### Exercise objective
Find the line with "let state = plain(&rt, &first_state(&rt, &older), &older);" in the records below. Copy it and every line after it, up to and including the line with "2, 3), (5, 2, 3)];".

### The data

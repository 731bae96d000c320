//! Texts that are written, and failures that are printed.

use failure::{Failure, tell_failure};
use inout::put;
use report::root_line;
use std::io::{self, ErrorKind, Write};

/// A writer whose writes all fail.
#[derive(Drop)]
struct Refuses;

impl Write for Refuses {
    fn write(&mut self, _bytes: &[u8]) -> io::Result<usize> {
        Err(io::Error::from(ErrorKind::BrokenPipe))
    }

    fn flush(&mut self) -> io::Result<()> {
        Ok(())
    }
}

#[test]
fn lines_are_put(rt: HostRuntime) {
    let line = root_line(rt.alloc(), u64::MAX).expect(&rt, "memory");
    let mut out = Vec::new(rt.alloc());
    put(&mut out, line.as_str()).expect(&rt, "memory");
    assert_eq!(rt; out.as_slice(), b"root 18446744073709551615\n".as_slice());
    assert_eq!(rt;
        put(&mut Refuses, line.as_str()).err(),
        Some(Failure::Output)
    );
}

#[test]
fn failures_are_printed(rt: HostRuntime) {
    let rows = [
        (Failure::Words, 3, "tufcheck: words\n"),
        (Failure::Now, 3, "tufcheck: now\n"),
        (Failure::State, 3, "tufcheck: state file\n"),
        (Failure::Script(12), 3, "tufcheck: script 12\n"),
        (Failure::Input, 4, "tufcheck: input\n"),
        (Failure::Folder, 4, "tufcheck: folder\n"),
        (Failure::Clock, 4, "tufcheck: clock\n"),
        (Failure::Output, 4, "tufcheck: output\n"),
        (Failure::Memory, 4, "tufcheck: memory\n"),
    ];
    for (failure, status, line) in rows {
        let mut err = Vec::new(rt.alloc());
        tell_failure(failure, &mut err).expect(&rt, "memory");
        assert_eq!(rt; failure.status(), status);
        assert_eq!(rt; err.as_slice(), line.as_bytes());
        assert!(rt; tell_failure(failure, &mut Refuses).is_err());
    }
}
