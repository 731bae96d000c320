//! Cycles that cache verdicts, one of which is out of memory at a check.

use crate::repositories::{first_state, made, moment};
use file_tests::Counting;
use keys::{Direct, Judge};
use memory::{Cache, Kept};
use meta::Repo;
use rolechain::{End, Trusted, advance};
use std::process::Abort;

/// One key for all roles, in the first versions.
const OLDER: &str = "key 1 5
top root 1 1
top timestamp 1 1
top snapshot 1 1
top targets 1 1
write root 1 1
write targets 1 1
write snapshot 1 1
write timestamp 1 1
";

/// The same root, and the others in their second versions.
const NEWER: &str = "key 1 5
top root 1 1
top timestamp 1 1
top snapshot 1 1
top targets 1 1
write root 1 1
write targets 2 1
write snapshot 2 1
write timestamp 2 1
";

/// The result of a cycle: the text of its state, or None if it was out of memory, the number of
/// cache hits, and the number of checks by the inner judge.
struct Cycle {
    text: Option<Vec<u8>>,
    remembered: u64,
    checks: u32,
}

impl Drop for Cycle {
    fn drop(self) {
        let Cycle {
            text,
            remembered,
            checks,
        } = self;
    }
}

/// Returns the state of a cycle that ends ready, with a judge that is never out of memory.
fn plain<R: Abort + AllocGlobal>(rt: &R, trusted: &Trusted, repo: &Repo) -> Trusted {
    let done = advance(rt.alloc(), trusted, repo, moment(rt), &mut Direct);
    let (state, end) = done.expect(rt, "memory");
    assert_eq!(rt; end, End::Ready);
    state
}

/// Returns the text of the state after a cycle, or None if it was out of memory.
fn text_after<R: Abort + AllocGlobal, J: Judge>(
    rt: &R,
    trusted: &Trusted,
    repo: &Repo,
    judge: &mut J,
) -> Option<Vec<u8>> {
    let (state, _) = advance(rt.alloc(), trusted, repo, moment(rt), judge).ok()?;
    Some(state.to_text(rt.alloc()).expect(rt, "memory"))
}

/// Runs a cycle over a cache. The inner judge is out of memory at one of its checks, if it makes
/// that many.
fn remembering<R: Abort + AllocGlobal>(
    rt: &R,
    cache: &mut Cache,
    trusted: &Trusted,
    repo: &Repo,
    refused_at: u32,
) -> Cycle {
    let mut counting = Counting {
        checks: 0,
        refused_at,
    };
    let mut judge = Kept::new(cache, &mut counting);
    let text = text_after(rt, trusted, repo, &mut judge);
    let remembered = judge.taken_over_count();
    drop(judge);
    Cycle {
        text,
        remembered,
        checks: counting.checks,
    }
}

/// Runs three cycles that share a cache: the first over the older repository, the second over the
/// newer one, in which the inner judge is out of memory at one of its checks, and the third over
/// the newer one again. Returns the third.
fn third<R: Abort + AllocGlobal>(
    rt: &R,
    state: &Trusted,
    (older, newer): (&Repo, &Repo),
    refused_at: u32,
) -> Cycle {
    let mut cache = Cache::new(rt.alloc(), 8).expect(rt, "memory");
    remembering(rt, &mut cache, state, older, 0);
    let second = remembering(rt, &mut cache, state, newer, refused_at);
    assert!(rt; second.text.is_none());
    assert_eq!(rt; second.checks, refused_at);
    remembering(rt, &mut cache, state, newer, 0)
}

/// A cycle checks the signature of the timestamp, the digest and the signature of the snapshot, and
/// those of the targets file, in this order. The verdicts on signatures before the error are
/// cached. The rows have that check, and of the third cycle the number of cache hits and of checks
/// by the inner judge.
#[test]
fn refused_in_the_second_cycle(rt: HostRuntime) {
    let (older, newer) = (made(&rt, OLDER), made(&rt, NEWER));
    let state = plain(&rt, &first_state(&rt, &older), &older);
    let text = plain(&rt, &state, &newer).to_text(rt.alloc());
    let wanted = Some(text.expect(&rt, "memory"));
    let rows = [(1, 0, 5), (2, 1, 4), (3, 1, 4), (4, 2, 3), (5, 2, 3)];
    for (refused_at, remembered, checks) in rows {
        let third = third(&rt, &state, (&older, &newer), refused_at);
        assert!(rt; third.text == wanted, "{refused_at}");
        assert_eq!(rt; (third.remembered, third.checks), (remembered, checks));
    }
}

### Expected output
    let state = plain(&rt, &first_state(&rt, &older), &older);
    let text = plain(&rt, &state, &newer).to_text(rt.alloc());
    let wanted = Some(text.expect(&rt, "memory"));
    let rows = [(1, 0, 5), (2, 1, 4), (3, 1, 4), (4, 2, 3), (5, 2, 3)];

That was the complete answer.